Gauge devices for making at least one linear measurement desirably minimize friction and contact between moveable parts. Friction causes wear which can result in error. U.S. Pat. No. 3,422,540 to Worthen describes a device utilizing a leaf spring type reed in a gauge head which flexes without friction to adjust to work size.
Another desirable feature of a linear measurement device is to provide rectilinear motion. The above described U.S. patent utilizes a single flexure point and therefore does not achieve true parallel motion. U.S. Pat. No. 3,193,933 describes a drive which uses parallel flexible arms mounted at one end and connected to a support member at the other end to provide rectilinear motion to the support member. This construction typifies a device using a rectangular flexure member with four separate flexures at the corners.
Conventional and current construction of parallel mechanical movements for linear measurement devices has concentrated on multipiece assemblies and one piece assemblies that use four separately machined flexures at the corners of a rectangular-shaped flexure member. The use of four separately machined flexure members introduce error since multiple pieces must be joined and errors attendant with the joining of multiple parts is introduced. True linear motion in a gauging device is highly desirable for the measurement of very small distances. Any in accurate or nonparallel motion can result in measurement inaccuracies which must be corrected.

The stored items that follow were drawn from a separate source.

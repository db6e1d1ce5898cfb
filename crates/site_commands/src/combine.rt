//! The command that makes the answer of a whole region from the answers of its parts.
ghost use Rattle.std.specs.Prelude.{◌≡◌, ℕ, IfErr, IfOk, false, map, if◌then◌else◌};
ghost use Rattle.site_commands.specs.Lines.{name_at, unread_line};
ghost use Rattle.site_commands.specs.Parts.{IsCombineEnding, IsNoText, IsOfCovers, IsOverlapOf, IsWholeOfFiles, RefusesContents, combine_line, count_line, covers_beside, has_covers, no_answer, overlap_line};
ghost use Rattle.site_commands.specs.steps.Combines.{IsContentsEnding, IsRefusalLine};
ghost use Rattle.site_commands.specs.declared.combine.TextFault.TheVariants as text;

use crate::ending::Ending;
use crate::files::Looks;
use crate::hint::{Hint, hint_of};
use crate::line::{Refusal, file_line, line_of, push_name};
use crate::names::{Names, name_at};
use crate::progress::Progress;
use attributes::{Octets, Text};
use command_words::Combine;
use databases::Databases;
use event_files::{UnreadAt, contents_of};
use parts::{CombineFault, combine, has_covers, no_answer};
use std::alloc::{AllocError, AllocFailed, Global};
use views::Query;

/// Why contents of files aren't texts.
#[derive(Clone, Copy, PartialEq, Eq, Debug)]
enum TextFault {
    OutOfMemory,
    /// The content at that place isn't UTF-8.
    NoText(u64),
}

impl<T: Drop> From<AllocFailed<T>> for TextFault {
    ghost use Rattle.std.specs.Prelude.{◌≡◌};
    ghost use Rattle.site_commands.specs.declared.combine.TextFault.TheVariants.{OutOfMemory};

    ghost from_gives = { λ _ fault. fault ≡ OutOfMemory };

    fn from(_refused: AllocFailed<T>) -> TextFault {
        TextFault::OutOfMemory
    }
}

/// Why contents of files make no answer, and whether that is a fault of the covers.
#[derive(Drop)]
struct Blamed {
    fault: CombineFault,
    is_of_covers: bool,
}

/// What the answers of parts come to for the program. All files are read before one is judged,
/// those of the answers first; where the answers show each source of their parts, no covers are.
pub fn ending_of_combine<S: Looks, D: Databases + Drop, P: Progress>(
    alloc: Global,
    shelf: &S,
    databases: &D,
    plan: &Combine,
    progress: &P,
) -> Ending
    ensures { IsCombineEnding (S.is_content shelf.now) (S.is_unread shelf.now) plan.now result }
{
    let files = plan.files.as_slice();
    let cover_files = covers_beside(plan.query, plan.covers.as_slice());
    match contents_of(alloc, shelf, files) {
        Ok(answers) => match contents_of(alloc, shelf, cover_files) {
            Ok(covers) => ending_of_contents(
                alloc,
                progress,
                plan.query,
                files,
                cover_files,
                answers.as_slice(),
                covers.as_slice(),
            ),
            Err(at) => ending_of_unread(alloc, shelf, databases, progress, cover_files, at),
        },
        Err(at) => ending_of_unread(alloc, shelf, databases, progress, files, at),
    }
}

/// The covers in files that stand beside the answers to the question, of those that are given.
fn covers_beside<'a>(query: Query, covers: &'a [Text]) -> &'a [Text]
    ensures { result.now ≡ covers_beside query covers.now }
{
    if has_covers(query) { covers } else { &[] }
}

/// The ending of `combine` where one of these files wasn't read.
fn ending_of_unread<S: Looks, D: Databases + Drop, P: Progress>(
    alloc: Global,
    shelf: &S,
    databases: &D,
    progress: &P,
    files: &[Text],
    at: UnreadAt,
) -> Ending
    ensures { IsRefusalLine (unread_line (name_at files.now at.file) at.why) result }
{
    let names = Names::of_files(files);
    let refusal = Refusal::Unread(at);
    let hint = hint_of(alloc, shelf, databases, progress, names, refusal);
    match line_of(alloc, names, refusal) {
        Ok(line) => Ending::Uncombined { line, hint },
        Err(_) => Ending::NoMemory,
    }
}

/// What the contents of these files come to in `combine`.
fn ending_of_contents<P: Progress>(
    alloc: Global,
    progress: &P,
    query: Query,
    files: &[Text],
    cover_files: &[Text],
    answers: &[Octets],
    covers: &[Octets],
) -> Ending
    ensures { IsContentsEnding query files.now cover_files.now answers.now covers.now result }
{
    match combine_contents(alloc, query, answers, covers) {
        Ok(text) => Ending::Answer(text),
        Err(blamed) => {
            let Blamed {
                fault,
                is_of_covers,
            } = blamed;
            let blamed = blamed_files(files, cover_files, is_of_covers);
            ending_of_fault(alloc, progress, blamed, fault)
        }
    }
}

/// The files that are to blame for the error line of `combine`.
fn blamed_files<'a>(files: &'a [Text], cover_files: &'a [Text], is_of_covers: bool) -> &'a [Text]
    ensures { result.now ≡ (if is_of_covers then cover_files.now else files.now) }
{
    if is_of_covers { cover_files } else { files }
}

/// The ending of `combine` for a fault of these files.
fn ending_of_fault<P: Progress>(
    alloc: Global,
    progress: &P,
    files: &[Text],
    fault: CombineFault,
) -> Ending
    ensures { IsRefusalLine (combine_line files.now fault) result }
{
    let hint = fault_hint(progress, &fault);
    match combine_line(alloc, files, fault) {
        Ok(line) => Ending::Uncombined { line, hint },
        Err(_) => Ending::NoMemory,
    }
}

/// The answer of the whole from the contents of files of parts, or why there is none.
fn combine_contents(
    alloc: Global,
    query: Query,
    answers: &[Octets],
    covers: &[Octets],
) -> Result<Text, Blamed>
    ensures whole { IfOk result (IsWholeOfFiles query answers.now covers.now) }
    ensures refused { IfErr result (λ b. RefusesContents query answers.now covers.now b.fault) }
    ensures blamed { IfErr result (λ b. IsOfCovers query covers.now b.fault b.is_of_covers) }
{
    let answers = match texts_in(alloc, answers) {
        Ok(texts) => texts,
        Err(TextFault::NoText(i)) => return Err(of_answers(no_answer(query, i))),
        Err(TextFault::OutOfMemory) => return Err(of_answers(CombineFault::OutOfMemory)),
    };
    let covers = match texts_in(alloc, covers) {
        Ok(texts) => texts,
        Err(TextFault::NoText(i)) => {
            return Err(Blamed {
                fault: CombineFault::NotACover { part: i },
                is_of_covers: has_covers(query),
            });
        }
        Err(TextFault::OutOfMemory) => return Err(of_answers(CombineFault::OutOfMemory)),
    };
    combine_texts(alloc, query, answers.as_slice(), covers.as_slice())
}

/// A fault of the answers of parts in files.
fn of_answers(fault: CombineFault) -> Blamed
    ensures fault { result.fault ≡ fault }
    ensures answers { result.is_of_covers ≡ false }
{
    Blamed {
        fault,
        is_of_covers: false,
    }
}

/// The contents of files of parts' answers as texts.
fn texts_in<'a>(alloc: Global, contents: &'a [Octets]) -> Result<Vec<&'a str>, TextFault>
    ensures ok { IfOk result (λ texts. map (λ t. t.now) texts.items ≡ contents.now) }
    ensures err { IfErr result (λ f. (i : ℕ) → f ≡ text.NoText i → IsNoText contents.now i) }
{
    let mut texts = Vec::new(alloc);
    for i in 0..contents.len() {
        match str::from_utf8(contents[i].as_bytes()) {
            Ok(text) => texts.push(text)?,
            Err(_) => return Err(TextFault::NoText(i as u64)),
        }
    }
    Ok(texts)
}

/// The answer of the whole from texts in files of parts, or why there is none.
fn combine_texts(
    alloc: Global,
    query: Query,
    answers: &[&str],
    covers: &[&str],
) -> Result<Text, Blamed>
    ensures whole { IfOk result (IsWholeOfFiles query
        (map (λ t. t.now) answers.now) (map (λ t. t.now) covers.now)) }
    ensures refused { IfErr result (λ b. RefusesContents query
        (map (λ t. t.now) answers.now) (map (λ t. t.now) covers.now) b.fault) }
    ensures blamed { IfErr result (λ b. IsOfCovers query (map (λ t. t.now) covers.now)
        b.fault b.is_of_covers) }
{
    match combine(alloc, query, answers, covers) {
        Ok(text) => Ok(text),
        Err(fault) => match is_of_covers(alloc, query, covers, &fault) {
            Ok(is_of_covers) => Err(Blamed {
                fault,
                is_of_covers,
            }),
            Err(_) => Err(of_answers(CombineFault::OutOfMemory)),
        },
    }
}

/// Whether a fault is of the files of covers, and not of those of the answers.
fn is_of_covers(
    alloc: Global,
    query: Query,
    covers: &[&str],
    fault: &CombineFault,
) -> Result<bool, AllocError>
    ensures { IfOk result (IsOfCovers query (map (λ t. t.now) covers.now) fault.now) }
{
    match fault {
        CombineFault::NotACover { .. } => Ok(has_covers(query)),
        CombineFault::Overlap { .. } => is_overlap_of_covers(alloc, query, covers),
        _ => Ok(false),
    }
}

/// Whether a source that stands in two parts is seen in the files of covers. Events that lines tell
/// have sources too.
fn is_overlap_of_covers(alloc: Global, query: Query, covers: &[&str]) -> Result<bool, AllocError>
    ensures { IfOk result (IsOverlapOf query (map (λ t. t.now) covers.now)) }
{
    match query {
        Query::Conflicts | Query::Latest => match combine(alloc, Query::Cover, covers, &[]) {
            Ok(_) => Ok(false),
            Err(CombineFault::OutOfMemory) => Err(AllocError),
            Err(_) => Ok(true),
        },
        _ => Ok(has_covers(query)),
    }
}

/// The error line of a fault of these files of parts.
fn combine_line(alloc: Global, files: &[Text], fault: CombineFault) -> Result<Text, AllocError>
    ensures { IfOk result (λ line. line ≡ combine_line files.now fault) }
{
    match fault {
        CombineFault::OutOfMemory => Text::of(alloc, "site: out of memory\n"),
        CombineFault::NotACover { part } => file_line(alloc, name_at(files, part), "NotACover"),
        CombineFault::NotAnAnswer { part } => {
            file_line(alloc, name_at(files, part), "NotAnAnswer")
        }
        CombineFault::CoverCount { answers, covers } => count_line(alloc, answers, covers),
        CombineFault::TooMany => Text::of(alloc, "site: the parts: TooMany\n"),
        CombineFault::Overlap {
            name,
            first,
            second,
        } => overlap_line(
            alloc,
            name_at(files, second),
            name_at(files, first),
            name.as_str(),
        ),
    }
}

/// The error line `site: M covers beside N answers: CoverCount`.
fn count_line(alloc: Global, answers: u64, covers: u64) -> Result<Text, AllocError>
    ensures { IfOk result (λ line. line ≡ count_line answers covers) }
{
    let line = format!(in alloc; "site: {covers} covers beside {answers} answers: CoverCount\n")?;
    Ok(Text::from_string(line))
}

/// The error line `site: FILE: Overlap with FILE: SOURCE`.
fn overlap_line(alloc: Global, name: &str, other: &str, source: &str) -> Result<Text, AllocError>
    ensures { IfOk result (λ line. line ≡ overlap_line name.now other.now source.now) }
{
    let mut line = String::new(alloc);
    line.push_str("site: ")?;
    push_name(&mut line, name)?;
    line.push_str(": Overlap with ")?;
    push_name(&mut line, other)?;
    line.push_str(": ")?;
    push_name(&mut line, source)?;
    line.push_str("\n")?;
    Ok(Text::from_string(line))
}

/// The hint of what can be done about a fault of parts' files; none where nobody looks on.
fn fault_hint<P: Progress>(progress: &P, fault: &CombineFault) -> Option<Hint> {
    if !progress.is_watched() {
        return None;
    }
    match fault {
        CombineFault::OutOfMemory | CombineFault::TooMany => None,
        CombineFault::NotACover { .. } => Some(Hint::Words(
            "a cover is what site cover prints for a part, as it is",
        )),
        CombineFault::NotAnAnswer { .. } => Some(Hint::Words(
            "each FILE is what site QUESTION prints for a part, as it is; gaps are of the events of their cover",
        )),
        CombineFault::CoverCount { .. } => Some(Hint::Words(
            "beside each FILE stands a --cover FILE, in the same order: what site cover prints for that part",
        )),
        CombineFault::Overlap { .. } => Some(Hint::Words(
            "a source stands in one part alone: site part --of N FILE says in which",
        )),
    }
}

Flexure devices have been used in various force measurement devices. U.S. Pat. No. 4,559,717 to Scire et al disclose a flexure hinge capable of independent xy motion in a single plane free of pitch, roll, yaw, and of motion perpendicular to the plane of motion. U.S. Pat. No. 3,576,128 to Lockery et al discloses a parallelogram-type beam of the type having two transverse holes connected by a slot so as to provide upper and lower beams. Flexible portions are formed adjacent the top and bottom of the holes. The beams are relatively rigid longitudinal sections extend between the upper halves of each hole and between the lower halves of each hole. This construction results in substantially linear motion. The strains are measured at selected surface portions of the member to obtain a reading indicative of the force being applied. The device described in Lockery et al is force dependent. The greater the force applied, the greater is the force-induced strains. The device is built to resist the force whereby deflection is proportional to the force applied. Heretofore, devices of the type described are not believed to have been used in devices for making linear measurements.